İstanbul Sözleşmesi'nin imzalandığı süreçte Mecliste kadın örgütleri ile çalışan kadın vekiller, sözleşmenin imzalanmasında, Kadın Erkek Fırsat Eşitliği Komisyonu’nun (KEFEK) kurulmasında önemli rol oynadı. 

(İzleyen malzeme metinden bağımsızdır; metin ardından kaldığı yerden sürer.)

// The report: the forms under each verdict, by family and in all.
use crate::forms::{Span, VERDICT_COUNT};
use crate::label::family_name;
use crate::layout::{new_line, right};
use stepper_lines::line::Line;
use stepper_lines::print::text;
use tables::family::FRAME;

// The column before which the first number ends, and how many columns a number has.
const FIRST_NUMBER: usize = 22;

const NUMBER: usize = 10;

// The number of all forms, and of those under each verdict.
fn counts(line: Line, forms: Span) -> Line {
    let mut made = right(line, forms.size() as u64, FIRST_NUMBER);
    let mut column = FIRST_NUMBER;
    for verdict in 0..VERDICT_COUNT {
        column = column.wrapping_add(NUMBER);
        made = right(made, forms.under(verdict) as u64, column);
    }
    made
}

fn families() {
    for family in 0..FRAME {
        counts(family_name(new_line(), family), Span::of_family(family)).end();
    }
}

pub fn report() {
    text(b"family           forms  accepted   error 1   error 2   error 3   error 4\n");
    families();
    counts(new_line().text(b"all"), Span::whole()).end();
}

Kadın temsiliyeti ve kazanımları hedef alındı

2009’da “KCK operasyonu” adı altında yapılan ve aralarında kadın siyasetçi ve seçilmişlerin de olduğu binlerce kişi gözaltına alınıp tutuklandı. 2016’nın son aylarında ise belediyelere kayyum atanarak, kadın mücadelesinde uzun yıllardır yer alan çok sayıda seçilmiş belediye eşbaşkanı, milletvekili, belediye meclis üyesi ve Kürt kadın siyasetçi tutuklandı. Kürt kadın hareketinin hayata geçirdiği bütün kurumların kapısına kilit vuruldu. AKP iktidarı, kayyum atamalarıyla gözaltı ve tutuklamalarla özel olarak kadınları yerel siyasetten uzak tutmaya çalıştı. Bu nedenle kayyum atamaları genel siyasal nedenlerin yanı sıra, özel olarak eşbaşkanlık, kadın temsiliyeti ve kadın kazanımlarını hedef aldı.

Şiddet Meclis’e taşındı

AKP iktidarı, sokakta, üniversitede, gözaltında, cezaevinde uyguladığı şiddet politikalarını Meclis’e taşımaktan geri durmadı. Kürt kadın vekillerini her önerilerinde "Bunlar zaten terörist" diyerek hedef alan AKP iktidarı, hemen her gün cinsiyetçi söylemleriyle Meclis’te kadınların iradesinin ve sözünün yansımadığı bir siyasi ortam oluşturmaya çalıştı. Dokunulmazlıkları kaldırmaya çalışan AKP, aynı zamanda kadın hareketinin tarihsel kazanımlarını ve özgür kadın mücadelesini tasfiye etmeyi amaçladı. Buna karşı Kürt kadınları, “Yaşamıma, kentime, kültürüme, geçmişime, geleceğime, bedenime ve cenazeme dokunursan, öz örgütlülükle ve öz savunmayla demokratik temelde direneceğim” mesajını verdi ve öyle de yaptı.